Rocky Linux launches opt-in security repository for urgent fixes

Rocky Linux has introduced a Security Repository that allows the distribution to ship urgent security fixes ahead of upstream Enterprise Linux when public exploit code exists and upstream patches are unavailable.

Rocky Linux security repository

“The repository is disabled by default. That’s intentional. The default Rocky Linux experience stays exactly what it has always been: predictable, stable, and fully upstream-compatible. Administrators who want access to accelerated fixes can opt in when they need it,” Eric Hendricks of the Rocky Linux team explained.

Administrators who want accelerated fixes can enable it with sudo dnf --enablerepo=security update or configure it permanently in their DNF settings. Systems that do not enable the repository continue to receive only standard upstream-aligned packages.

What triggered the change

Two recent vulnerabilities pushed the project to act. CopyFail and Dirty Frag were local privilege escalation flaws with public proof-of-concept exploits circulating before upstream had fixes broadly available. During those windows, Rocky Linux administrators had no supported path to a patched package.

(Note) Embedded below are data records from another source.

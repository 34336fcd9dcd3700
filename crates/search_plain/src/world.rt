//! Where a search stands: what was entered, what holds, and what was given up.
use crate::draft::{Draft, put_node, put_row};
use crate::marks::{is_marked, mark, mark_parts};
use crate::node::Node;
use crate::row::{Head, Row};
use std::alloc::{AllocError, Global};

/// A forall: the number of the assertion that it came with, and its place there.
#[derive(Clone, Copy)]
pub(crate) struct Forall {
    pub(crate) draft: usize,
    pub(crate) index: usize,
}

/// A forall and a term for each of its variables.
#[derive(Clone, Copy)]
pub(crate) struct Instance {
    pub(crate) forall: usize,
    pub(crate) tuple: [Option<usize>; 2],
}

/// A part of a disjunction that was given up.
#[derive(Clone, Copy, PartialEq, Eq)]
pub(crate) struct Struck {
    pub(crate) node: usize,
    pub(crate) place: usize,
}

/// All of it. The numbers of terms, formulas and foralls are their places.
#[derive(Drop)]
pub(crate) struct World {
    pub(crate) rows: Vec<Row>,
    pub(crate) nodes: Vec<Node>,
    pub(crate) foralls: Vec<Forall>,
    /// For each formula whether it is asserted.
    pub(crate) asserted: Vec<bool>,
    /// The formulas that were given up.
    pub(crate) refuted: Vec<usize>,
    pub(crate) struck: Vec<Struck>,
    pub(crate) done: Vec<Instance>,
    pub(crate) rounds: usize,
}

impl World {
    /// True and false alone.
    pub(crate) fn new(alloc: Global) -> Result<World, AllocError> {
        let mut rows = Vec::new(alloc);
        for head in [Head::True, Head::False] {
            rows.push(Row {
                head,
                args: [None, None],
            })?;
        }
        Ok(World {
            rows,
            nodes: Vec::new(alloc),
            foralls: Vec::new(alloc),
            asserted: Vec::new(alloc),
            refuted: Vec::new(alloc),
            struck: Vec::new(alloc),
            done: Vec::new(alloc),
            rounds: 0,
        })
    }

    /// A copy of all of it.
    pub(crate) fn copy(&self) -> Result<World, AllocError> {
        Ok(World {
            rows: self.rows.clone()?,
            nodes: self.nodes.clone()?,
            foralls: self.foralls.clone()?,
            asserted: self.asserted.clone()?,
            refuted: self.refuted.clone()?,
            struck: self.struck.clone()?,
            done: self.done.clone()?,
            rounds: self.rounds,
        })
    }

    /// The formula is asserted, and so are the parts of each conjunction that is.
    pub(crate) fn assert(&mut self, root: usize) {
        mark(&mut self.asserted, Some(root));
        for number in (0..self.nodes.len()).rev() {
            if !is_marked(self.asserted.as_slice(), number) {
                continue;
            }
            if let Some(Node::Each(parts)) = self.nodes.get(number) {
                mark_parts(&mut self.asserted, parts);
            }
        }
    }

    /// The part of a disjunction is given up.
    pub(crate) fn strike(&mut self, struck: Struck, part: usize) -> Result<(), AllocError> {
        self.struck.push(struck)?;
        self.refuted.push(part)?;
        Ok(())
    }

    /// The reached rows of an assertion become terms, a variable that of its place in the tuple: the number of each.
    fn enter_rows(
        &mut self,
        alloc: Global,
        rows: &[Row],
        reached: &[bool],
        tuple: &[Option<usize>; 2],
    ) -> Result<Vec<usize>, AllocError> {
        let mut terms = Vec::new(alloc);
        for (row, stands) in rows.iter().zip(reached.iter()) {
            let term = match row.head {
                _ if !*stands => 0,
                Head::X => tuple[0].unwrap_or(0),
                Head::Y => tuple[1].unwrap_or(0),
                head => {
                    let args = [
                        moved(terms.as_slice(), row.args[0]),
                        moved(terms.as_slice(), row.args[1]),
                    ];
                    put_row(&mut self.rows, Row { head, args })?
                }
            };
            terms.push(term)?;
        }
        Ok(terms)
    }

    /// The reached foralls of an assertion get the next numbers: the number of each.
    fn enter_foralls(
        &mut self,
        alloc: Global,
        number: usize,
        draft: &Draft,
        reached: &[bool],
    ) -> Result<Vec<usize>, AllocError> {
        let mut numbers = Vec::new(alloc);
        for index in 0..draft.foralls.len() {
            numbers.push(self.foralls.len())?;
            if has_forall(draft.nodes.as_slice(), reached, index) {
                self.foralls.push(Forall {
                    draft: number,
                    index,
                })?;
            }
        }
        Ok(numbers)
    }

    /// The formula over terms, foralls and formulas with new numbers is put, if it does not stand: its number.
    fn enter_node(
        &mut self,
        node: &Node,
        terms: &[usize],
        foralls: &[usize],
        numbers: &[usize],
    ) -> Result<usize, AllocError> {
        let entered = match node {
            Node::Equal {
                positive,
                left,
                right,
            } => {
                let (one, other) = (at(terms, *left), at(terms, *right));
                Node::Equal {
                    positive: *positive,
                    left: one.min(other),
                    right: one.max(other),
                }
            }
            Node::Atom { positive, term } => Node::Atom {
                positive: *positive,
                term: at(terms, *term),
            },
            Node::Each([a, b, c]) => {
                Node::Each([moved(numbers, *a), moved(numbers, *b), moved(numbers, *c)])
            }
            Node::Either([a, b, c]) => {
                Node::Either([moved(numbers, *a), moved(numbers, *b), moved(numbers, *c)])
            }
            Node::Forall(index) => Node::Forall(at(foralls, *index)),
        };
        put_node(&mut self.nodes, entered)
    }

    /// What the root reaches is entered over the tuple, in the order of the assertion: the number of the root.
    pub(crate) fn enter(
        &mut self,
        alloc: Global,
        number: usize,
        draft: &Draft,
        root: usize,
        tuple: &[Option<usize>; 2],
    ) -> Result<usize, AllocError> {
        let reached = draft.reached_nodes(alloc, root)?;
        let rows = draft.reached_rows(alloc, reached.as_slice())?;
        let terms = self.enter_rows(alloc, draft.rows.as_slice(), rows.as_slice(), tuple)?;
        let foralls = self.enter_foralls(alloc, number, draft, reached.as_slice())?;
        let mut numbers = Vec::new(alloc);
        for (node, stands) in draft.nodes.iter().zip(reached.iter()) {
            let mut entered = 0;
            if *stands {
                entered = self.enter_node(
                    node,
                    terms.as_slice(),
                    foralls.as_slice(),
                    numbers.as_slice(),
                )?;
            }
            numbers.push(entered)?;
        }
        self.asserted.resize(self.nodes.len(), false)?;
        Ok(at(numbers.as_slice(), root))
    }
}

/// The number at a place.
pub(crate) fn at(numbers: &[usize], place: usize) -> usize {
    numbers.get(place).copied().unwrap_or(0)
}

/// The number at a place, where there is one.
fn moved(numbers: &[usize], place: Option<usize>) -> Option<usize> {
    match place {
        Some(place) => Some(at(numbers, place)),
        None => None,
    }
}

/// Whether one of the reached formulas is the forall at this place.
fn has_forall(nodes: &[Node], reached: &[bool], index: usize) -> bool {
    for (node, stands) in nodes.iter().zip(reached.iter()) {
        if *stands && *node == Node::Forall(index) {
            return true;
        }
    }
    false
}
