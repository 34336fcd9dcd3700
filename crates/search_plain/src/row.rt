//! Terms as small lists: a head and the numbers of its arguments.

/// What stands at the head of a term; `X` and `Y` are the variables of foralls.
#[derive(Clone, Copy, PartialEq, Eq)]
pub(crate) enum Head {
    True,
    False,
    X,
    Y,
    A,
    B,
    C,
    F,
    G,
    K,
    P,
    R,
    Q,
}

impl Head {
    /// The head as it is written.
    pub(crate) fn name(self) -> &'static str {
        match self {
            Head::True => "true",
            Head::False => "false",
            Head::X => "x",
            Head::Y => "y",
            Head::A => "a",
            Head::B => "b",
            Head::C => "c",
            Head::F => "f",
            Head::G => "g",
            Head::K => "k",
            Head::P => "p",
            Head::R => "r",
            Head::Q => "q",
        }
    }
}

/// A term over terms with earlier numbers.
#[derive(Clone, Copy, PartialEq, Eq)]
pub(crate) struct Row {
    pub(crate) head: Head,
    pub(crate) args: [Option<usize>; 2],
}
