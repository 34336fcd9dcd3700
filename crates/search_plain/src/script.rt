//! Random scripts with foralls, and what the plain search answers.
use crate::author::Author;
use crate::draft::Draft;
use crate::random::Random;
use crate::search::{Verdict, search};
use crate::world::World;
use std::alloc::{AllocError, Global};

/// What the scripts declare: a sort, functions of one and two arguments, predicates and constants.
pub const DECLARED: &str =
    "(declare-sort U 0)(declare-fun f (U) U)(declare-fun g (U) U)(declare-fun k (U U) U)(declare-fun p (U) Bool)(declare-fun r (U U) Bool)(declare-const a U)(declare-const b U)(declare-const c U)(declare-const q Bool)\n";

/// How many commands a script has before its last check, the most steps of a search, and the most terms of a state.
const COMMANDS: usize = 16;

const MOST_STEPS: usize = 150;

const MOST_TERMS: usize = 60;

/// A script so far, to stand behind `DECLARED`, the lines that answer it, what is entered and asserted, and what was when
/// each open level was opened.
#[derive(Drop)]
pub struct Script {
    pub text: String,
    pub answer: String,
    drafts: Vec<Draft>,
    world: World,
    saved: Vec<World>,
}

impl Script {
    /// A formula is asserted.
    fn assert_one(&mut self, alloc: Global, random: Random) -> Result<Random, AllocError> {
        let mut author = Author {
            alloc,
            random,
            draft: Draft::new(alloc),
            variables: 0,
        };
        let (text, root) = if author.random.below(5) < 2 {
            author.with_forall()?
        } else {
            let formula = author.any()?;
            (formula.text, formula.node)
        };
        let line = format!(in alloc; "(assert {text})\n")?;
        self.text.push_str(line.as_str())?;
        let Author { draft, random, .. } = author;
        let number = self.drafts.len();
        let entered = self
            .world
            .enter(alloc, number, &draft, root, &[None, None])?;
        self.world.assert(entered);
        self.drafts.push(draft)?;
        Ok(random)
    }

    /// A level is opened.
    fn open_level(&mut self) -> Result<(), AllocError> {
        self.saved.push(self.world.copy()?)?;
        self.text.push_str("(push 1)\n")
    }

    /// The last level ends, if one is open.
    fn end_level(&mut self) -> Result<(), AllocError> {
        if let Some(before) = self.saved.pop() {
            self.world = before;
            self.text.push_str("(pop 1)\n")?;
        }
        Ok(())
    }

    /// A check, with its verdict and its reason, unless the plain search of it would be long.
    fn check_now(&mut self, alloc: Global, rounds: usize) -> Result<(), AllocError> {
        let world = self.world.copy()?;
        let drafts = self.drafts.as_slice();
        let ending = search(alloc, drafts, world, rounds, MOST_STEPS, MOST_TERMS)?;
        if let Some(verdict) = ending {
            self.text
                .push_str("(check-sat)(get-info :reason-unknown)\n")?;
            self.answer.push_str(answer_of(verdict))?;
        }
        Ok(())
    }
}

/// What is written at a check and at the question for a reason.
fn answer_of(verdict: Verdict) -> &'static str {
    match verdict {
        Verdict::Unsat => "unsat\nunsupported\n",
        Verdict::Sat => "sat\nunsupported\n",
        Verdict::Incomplete => "unknown\n(:reason-unknown incomplete)\n",
        Verdict::Rounds => "unknown\n(:reason-unknown rounds)\n",
    }
}

/// The script of a seed: assertions in levels, with a check now and then and one at its end, each answered with so many
/// rounds at most, and a question for its reason. A check whose plain search would be long is left out. The error is want
/// of memory.
pub fn script_of(alloc: Global, seed: u64, rounds: usize) -> Result<Script, AllocError> {
    let mut random = Random { state: seed };
    let mut script = Script {
        text: String::new(alloc),
        answer: String::new(alloc),
        drafts: Vec::new(alloc),
        world: World::new(alloc)?,
        saved: Vec::new(alloc),
    };
    for _ in 0..COMMANDS {
        match random.below(9) {
            0 => script.open_level()?,
            1 => script.end_level()?,
            2 => script.check_now(alloc, rounds)?,
            _ => random = script.assert_one(alloc, random)?,
        }
    }
    script.check_now(alloc, rounds)?;
    Ok(script)
}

Hendricks said the repository is reserved for a narrow scenario: a significant vulnerability is public, exploit code exists, and upstream fixes are not yet available. It is not a general-purpose fast-track channel and does not replace the standard Rocky Linux release process.

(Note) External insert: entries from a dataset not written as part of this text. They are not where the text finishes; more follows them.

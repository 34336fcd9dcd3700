//! The plain search: whole states, of which those that are left wait in a list.
use crate::draft::Draft;
use crate::known::{Known, is_live};
use crate::marks::is_marked;
use crate::matching::new_instances;
use crate::node::{Node, Parts};
use crate::world::{Instance, Struck, World};
use std::alloc::{AllocError, Global};

/// How a search ends.
#[derive(Clone, Copy, PartialEq, Eq)]
pub(crate) enum Verdict {
    Unsat,
    Sat,
    Incomplete,
    Rounds,
}

/// What is to be done next in a state.
enum Next {
    Conflict,
    Assert(usize),
    Split(Struck, usize),
    Nothing,
}

/// The parts of an asserted disjunction.
fn asserted_parts(world: &World, node: usize) -> Option<Parts> {
    match world.nodes.get(node) {
        Some(Node::Either(parts)) if is_marked(world.asserted.as_slice(), node) => Some(*parts),
        _ => None,
    }
}

/// The parts of a disjunction that are left over, the others struck out.
fn left_over(world: &World, known: &Known, node: usize, parts: &Parts) -> Parts {
    let mut left = *parts;
    for (place, part) in left.iter_mut().enumerate() {
        if let Some(number) = *part {
            let is_struck = world.struck.contains(&Struck { node, place });
            if is_struck || known.is_known(number, false) {
                *part = None;
            }
        }
    }
    left
}

/// How many parts there are.
fn count(parts: &Parts) -> usize {
    let mut many: usize = 0;
    for part in parts {
        if part.is_some() {
            many = many.saturating_add(1);
        }
    }
    many
}

/// The first part, and its place.
fn first_part(parts: &Parts) -> Option<(usize, usize)> {
    for (place, part) in parts.iter().enumerate() {
        if let Some(number) = *part {
            return Some((place, number));
        }
    }
    None
}

/// Whether no part is known to be true.
fn is_open(known: &Known, parts: &Parts) -> bool {
    for part in parts {
        if let Some(number) = *part {
            if known.is_known(number, true) {
                return false;
            }
        }
    }
    true
}

/// Whether terms are equal that cannot be.
fn terms_clash(known: &Known) -> bool {
    for (left, right) in known.apart.iter() {
        if known.same(*left, *right) {
            return true;
        }
    }
    known.same(0, 1)
}

/// Whether nothing is left over of an asserted disjunction.
fn nothing_is_left(world: &World, known: &Known) -> bool {
    for node in 0..world.nodes.len() {
        if let Some(parts) = asserted_parts(world, node) {
            if count(&left_over(world, known, node, &parts)) == 0 {
                return true;
            }
        }
    }
    false
}

/// The one part left over of the first disjunction that has one and that is open, if it is not asserted.
fn first_unit(world: &World, known: &Known) -> Option<usize> {
    for node in 0..world.nodes.len() {
        let Some(parts) = asserted_parts(world, node) else {
            continue;
        };
        let left = left_over(world, known, node, &parts);
        if count(&left) != 1 || !is_open(known, &parts) {
            continue;
        }
        if let Some((_, part)) = first_part(&left) {
            if !is_marked(world.asserted.as_slice(), part) {
                return Some(part);
            }
        }
    }
    None
}

/// The first open disjunction, at its first place left over.
fn first_split(world: &World, known: &Known) -> Option<(Struck, usize)> {
    for node in 0..world.nodes.len() {
        let Some(parts) = asserted_parts(world, node) else {
            continue;
        };
        if is_open(known, &parts) {
            let (place, part) = first_part(&left_over(world, known, node, &parts))?;
            return Some((Struck { node, place }, part));
        }
    }
    None
}

/// What is to be done next.
fn find_next(world: &World, known: &Known) -> Next {
    if terms_clash(known) || nothing_is_left(world, known) {
        return Next::Conflict;
    }
    if let Some(part) = first_unit(world, known) {
        return Next::Assert(part);
    }
    match first_split(world, known) {
        Some((struck, part)) => Next::Split(struck, part),
        None => Next::Nothing,
    }
}

/// The body of the forall over the tuple is entered and asserted.
fn enter_instance(
    alloc: Global,
    drafts: &[Draft],
    world: &mut World,
    instance: Instance,
) -> Result<(), AllocError> {
    let Some(name) = world.foralls.get(instance.forall).copied() else {
        return Ok(());
    };
    let Some(draft) = drafts.get(name.draft) else {
        return Ok(());
    };
    let Some(quantified) = draft.foralls.get(name.index) else {
        return Ok(());
    };
    let root = world.enter(alloc, name.draft, draft, quantified.body, &instance.tuple)?;
    world.assert(root);
    world.done.push(instance)?;
    Ok(())
}

/// A round where nothing is left to split: how the search ends, or the instances are entered.
fn round(
    alloc: Global,
    drafts: &[Draft],
    world: &mut World,
    known: &Known,
    rounds: usize,
) -> Result<Option<Verdict>, AllocError> {
    let mut some_live = false;
    for forall in 0..world.foralls.len() {
        some_live = some_live || is_live(world, forall);
    }
    if !some_live {
        return Ok(Some(Verdict::Sat));
    }
    let new = new_instances(alloc, drafts, world, known)?;
    if new.is_empty() {
        return Ok(Some(Verdict::Incomplete));
    }
    if world.rounds >= rounds {
        return Ok(Some(Verdict::Rounds));
    }
    for instance in new.iter() {
        enter_instance(alloc, drafts, world, *instance)?;
    }
    world.rounds = world.rounds.saturating_add(1);
    Ok(None)
}

/// One step of a state, after which what it became waits on top of those that are left.
fn step(
    alloc: Global,
    drafts: &[Draft],
    mut world: World,
    rounds: usize,
    left: &mut Vec<World>,
) -> Result<Option<Verdict>, AllocError> {
    let known = Known::of_world(alloc, &world)?;
    match find_next(&world, &known) {
        Next::Conflict => return Ok(None),
        Next::Assert(part) => world.assert(part),
        Next::Split(struck, part) => {
            let mut second = world.copy()?;
            second.strike(struck, part)?;
            left.push(second)?;
            world.assert(part);
        }
        Next::Nothing => {
            let ending = round(alloc, drafts, &mut world, &known, rounds)?;
            if ending.is_some() {
                return Ok(ending);
            }
        }
    }
    left.push(world)?;
    Ok(None)
}

/// How the search of a state ends, if it does within so many steps and no state has more than so many terms.
pub(crate) fn search(
    alloc: Global,
    drafts: &[Draft],
    world: World,
    rounds: usize,
    steps: usize,
    terms: usize,
) -> Result<Option<Verdict>, AllocError> {
    let mut left = Vec::new(alloc);
    left.push(world)?;
    for _ in 0..steps {
        let Some(world) = left.pop() else {
            return Ok(Some(Verdict::Unsat));
        };
        if world.rows.len() > terms {
            return Ok(None);
        }
        let ending = step(alloc, drafts, world, rounds, &mut left)?;
        if ending.is_some() {
            return Ok(ending);
        }
    }
    Ok(None)
}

Package handling and limitations

Packages in the Security Repository are versioned to be superseded automatically by the next upstream release. When Red Hat ships a fix, the upstream package replaces the Rocky version. The repository does not issue traditional errata records and its updates do not appear in dnf update --security output, because the project does not treat them as formal advisories.

If Rocky issues a patch and upstream declines to address the underlying issue, the next upstream kernel release will replace the Rocky-patched version. Users who want to retain the Rocky fix in that situation would need to version-lock their kernel.